Work to complete => Copy out all the lines in the records that include the word "behind".
[Opening Input material section]
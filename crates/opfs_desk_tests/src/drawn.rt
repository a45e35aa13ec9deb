//! Scripts of one agent that are drawn at random: what a run over an image tells, and what a later run reads there, is
//! judged by the plain machine.

use opfs_test_hosts::{Deck, Draws, host_with, judged, new_image, push_agent, run};
use std::alloc::{AllocError, Global};
use std::sync::Wait;
use std::test::Fail;
use std::thread::Threads;

// What scripts of one agent are drawn from: its directory, two files, and forty steps.
const DECK: Deck = Deck {
    agents: 1,
    origins: &["https://a.example"],
    apart: true,
    front: FRONT,
    least: 40,
    more: 1,
    steps: &STEPS,
    tail: "]}",
};

// What each agent begins with.
const FRONT: &str = r#"","grants":["persistent-storage"],"steps":[{"do":"getDirectory","as":"d"}
,{"do":"getFileHandle","dir":"d","name":"a","create":true,"as":"f"}
,{"do":"getFileHandle","dir":"d","name":"b","create":true,"as":"g"}"#;

// The steps that are drawn from.
const STEPS: [&str; 64] = [
    r#"{"do":"getDirectory","as":"d"}"#,
    r#"{"do":"getDirectory","bucket":"x","as":"e"}"#,
    r#"{"do":"getDirectory","bucket":"x","as":"d"}"#,
    r#"{"do":"getDirectoryHandle","dir":"d","name":"p","create":true,"as":"e"}"#,
    r#"{"do":"getDirectoryHandle","dir":"e","name":"p","create":true,"as":"d"}"#,
    r#"{"do":"getDirectoryHandle","dir":"d","name":"a","as":"e"}"#,
    r#"{"do":"getFileHandle","dir":"d","name":"a","create":true,"as":"f"}"#,
    r#"{"do":"getFileHandle","dir":"d","name":"b","create":true,"as":"g"}"#,
    r#"{"do":"getFileHandle","dir":"e","name":"a","create":true,"as":"f"}"#,
    r#"{"do":"getFileHandle","dir":"e","name":"c","as":"g"}"#,
    r#"{"do":"getFileHandle","dir":"d","name":"p","create":true,"as":"g"}"#,
    r#"{"do":"getFileHandle","dir":"d","name":"..","create":true,"as":"g"}"#,
    r#"{"do":"removeEntry","dir":"d","name":"a"}"#,
    r#"{"do":"removeEntry","dir":"d","name":"p"}"#,
    r#"{"do":"removeEntry","dir":"d","name":"p","recursive":true}"#,
    r#"{"do":"removeEntry","dir":"e","name":"a","recursive":true}"#,
    r#"{"do":"values","dir":"d","as":"i"}"#,
    r#"{"do":"values","dir":"e","as":"i"}"#,
    r#"{"do":"next","iterator":"i","as":"f"}"#,
    r#"{"do":"next","iterator":"i","as":"e"}"#,
    r#"{"do":"resolve","dir":"d","entry":"f"}"#,
    r#"{"do":"isSameEntry","entry":"f","other":"g"}"#,
    r#"{"do":"getFile","file":"f","as":"s"}"#,
    r#"{"do":"getFile","file":"g","as":"s"}"#,
    r#"{"do":"slice","snapshot":"s","at":0,"len":9000}"#,
    r#"{"do":"slice","snapshot":"s","at":4090,"len":20}"#,
    r#"{"do":"createWritable","file":"f","as":"w"}"#,
    r#"{"do":"createWritable","file":"g","as":"w"}"#,
    r#"{"do":"createWritable","file":"f","keepExistingData":true,"as":"v"}"#,
    r#"{"do":"createWritable","file":"g","keepExistingData":true,"as":"w"}"#,
    r#"{"do":"write","stream":"w","data":"abc"}"#,
    r#"{"do":"write","stream":"w","data":{"hex":"00ff10"},"position":4095}"#,
    r#"{"do":"write","stream":"v","data":{"fill":66,"count":4096}}"#,
    r#"{"do":"write","stream":"v","data":{"fill":67,"count":100},"position":5000}"#,
    r#"{"do":"write","stream":"w","data":"","position":8200}"#,
    r#"{"do":"seek","stream":"w","position":6000}"#,
    r#"{"do":"truncate","stream":"w","size":2}"#,
    r#"{"do":"truncate","stream":"v","size":9000}"#,
    r#"{"do":"truncate","stream":"v","size":4096}"#,
    r#"{"do":"close","stream":"w"}"#,
    r#"{"do":"close","stream":"w"}"#,
    r#"{"do":"close","stream":"v"}"#,
    r#"{"do":"abort","stream":"w"}"#,
    r#"{"do":"abort","stream":"v"}"#,
    r#"{"do":"createSyncAccessHandle","file":"f","as":"h"}"#,
    r#"{"do":"createSyncAccessHandle","file":"g","as":"h"}"#,
    r#"{"do":"createSyncAccessHandle","file":"f","mode":"read-only","as":"k"}"#,
    r#"{"do":"syncRead","sync":"h","len":5000,"at":1}"#,
    r#"{"do":"syncRead","sync":"k","len":4100}"#,
    r#"{"do":"syncWrite","sync":"h","data":"xyz"}"#,
    r#"{"do":"syncWrite","sync":"h","data":{"fill":68,"count":4097},"at":4000}"#,
    r#"{"do":"syncWrite","sync":"k","data":"no"}"#,
    r#"{"do":"syncTruncate","sync":"h","size":5}"#,
    r#"{"do":"syncTruncate","sync":"h","size":8193}"#,
    r#"{"do":"syncGetSize","sync":"h"}"#,
    r#"{"do":"syncFlush","sync":"h"}"#,
    r#"{"do":"syncClose","sync":"h"}"#,
    r#"{"do":"syncClose","sync":"k"}"#,
    r#"{"do":"syncClose","sync":"h"}"#,
    r#"{"do":"persist","bucket":"x"}"#,
    r#"{"do":"persisted"}"#,
    r#"{"do":"estimate"}"#,
    r#"{"do":"moment","ms":1700000000000}"#,
    r#"{"do":"moment","ms":7}"#,
];

// An agent that reads what stands in two buckets.
const READER: &str =
    r#"{"origin":"https://a.example","steps":[{"do":"persisted"},{"do":"persisted","bucket":"x"},{"do":"estimate"}
,{"do":"getDirectory","as":"d"},{"do":"values","dir":"d","as":"i"}
,{"do":"next","iterator":"i","as":"x"},{"do":"getFile","file":"x","as":"s"},{"do":"slice","snapshot":"s","at":0,"len":65536}
,{"do":"next","iterator":"i","as":"x"},{"do":"getFile","file":"x","as":"s"},{"do":"slice","snapshot":"s","at":0,"len":65536}
,{"do":"next","iterator":"i","as":"e"},{"do":"next","iterator":"i","as":"x"}
,{"do":"getDirectoryHandle","dir":"d","name":"p","as":"d"},{"do":"values","dir":"d","as":"i"}
,{"do":"next","iterator":"i","as":"x"},{"do":"getFile","file":"x","as":"s"},{"do":"slice","snapshot":"s","at":0,"len":65536}
,{"do":"next","iterator":"i","as":"x"},{"do":"getFile","file":"x","as":"s"},{"do":"slice","snapshot":"s","at":0,"len":65536}
,{"do":"getDirectory","bucket":"x","as":"d"},{"do":"values","dir":"d","as":"i"}
,{"do":"next","iterator":"i","as":"x"},{"do":"getFile","file":"x","as":"s"},{"do":"slice","snapshot":"s","at":0,"len":65536}
,{"do":"next","iterator":"i","as":"x"},{"do":"getFile","file":"x","as":"s"},{"do":"slice","snapshot":"s","at":0,"len":65536}
,{"do":"next","iterator":"i","as":"x"}]}"#;

// An agent with steps that are drawn from this number on.
fn agent_of(alloc: Global, seed: u64) -> Result<String, AllocError> {
    let mut agent = String::new(alloc);
    push_agent(&mut agent, &mut Draws::make(seed), &DECK, 0)?;
    Ok(agent)
}

// Appends the lines of agent 1, as those of another.
fn push_as(lines: &mut String, told: &str, agent: &str) -> Result<(), AllocError> {
    for line in told.lines() {
        if let Some(rest) = line.strip_prefix("1.") {
            lines.push_str(agent)?;
            lines.push_str(rest)?;
            lines.push_str("\n")?;
        }
    }
    Ok(())
}

// The verdict on a drawn agent, and behind it the reader, whose runs follow one another over an image.
fn verdict<R: AllocGlobal + Threads + Wait + Sync>(
    rt: &R,
    image: &[u8],
    seed: u64,
) -> Result<String, AllocError> {
    let alloc = rt.alloc();
    let agent = agent_of(alloc, seed)?;
    let mut host = host_with(alloc, image)?;
    let script = format!(in alloc; "{{\"agents\":[{agent}]}}")?;
    let mut lines = String::new(alloc);
    push_as(
        &mut lines,
        run(rt, &mut host, script.as_str())?.as_str(),
        "1.",
    )?;
    let script = format!(in alloc; "{{\"agents\":[{READER}]}}")?;
    push_as(
        &mut lines,
        run(rt, &mut host, script.as_str())?.as_str(),
        "2.",
    )?;
    let script = format!(in alloc; "{{\"agents\":[{agent},{READER}]}}")?;
    judged(rt, script.as_str(), lines.as_str())
}

// The first of so many numbers behind this one whose script is not judged to be right; None where each one is.
fn first_wrong<R: AllocGlobal + Threads + Wait + Sync>(
    rt: &R,
    seed: u64,
    scripts: u64,
) -> Result<Option<u64>, AllocError> {
    let image = new_image(rt.alloc(), "48 2 8192")?;
    for number in seed..seed.saturating_add(scripts) {
        let verdict = verdict(rt, &image, number)?;
        if verdict.as_str() != "0\nyes\n" {
            return Ok(Some(number));
        }
    }
    Ok(None)
}

#[test]
fn drawn_scripts_answer_as_the_plain_machine(rt: HostRuntime) -> Result<(), Fail> {
    assert_eq!(rt; first_wrong(&rt, 0, 40)?, None);
    Ok(())
}

#[test]
fn more_drawn_scripts_answer_as_the_plain_machine(rt: HostRuntime) -> Result<(), Fail> {
    assert_eq!(rt; first_wrong(&rt, 1_000, 40)?, None);
    Ok(())
}

#[test]
fn still_more_drawn_scripts_answer_as_the_plain_machine(rt: HostRuntime) -> Result<(), Fail> {
    assert_eq!(rt; first_wrong(&rt, 2_000, 40)?, None);
    Ok(())
}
[Closing Input material section]
Response to this task =>
// The verdict on a drawn agent, and behind it the reader, whose runs follow one another over an image.
// The first of so many numbers behind this one whose script is not judged to be right; None where each one is.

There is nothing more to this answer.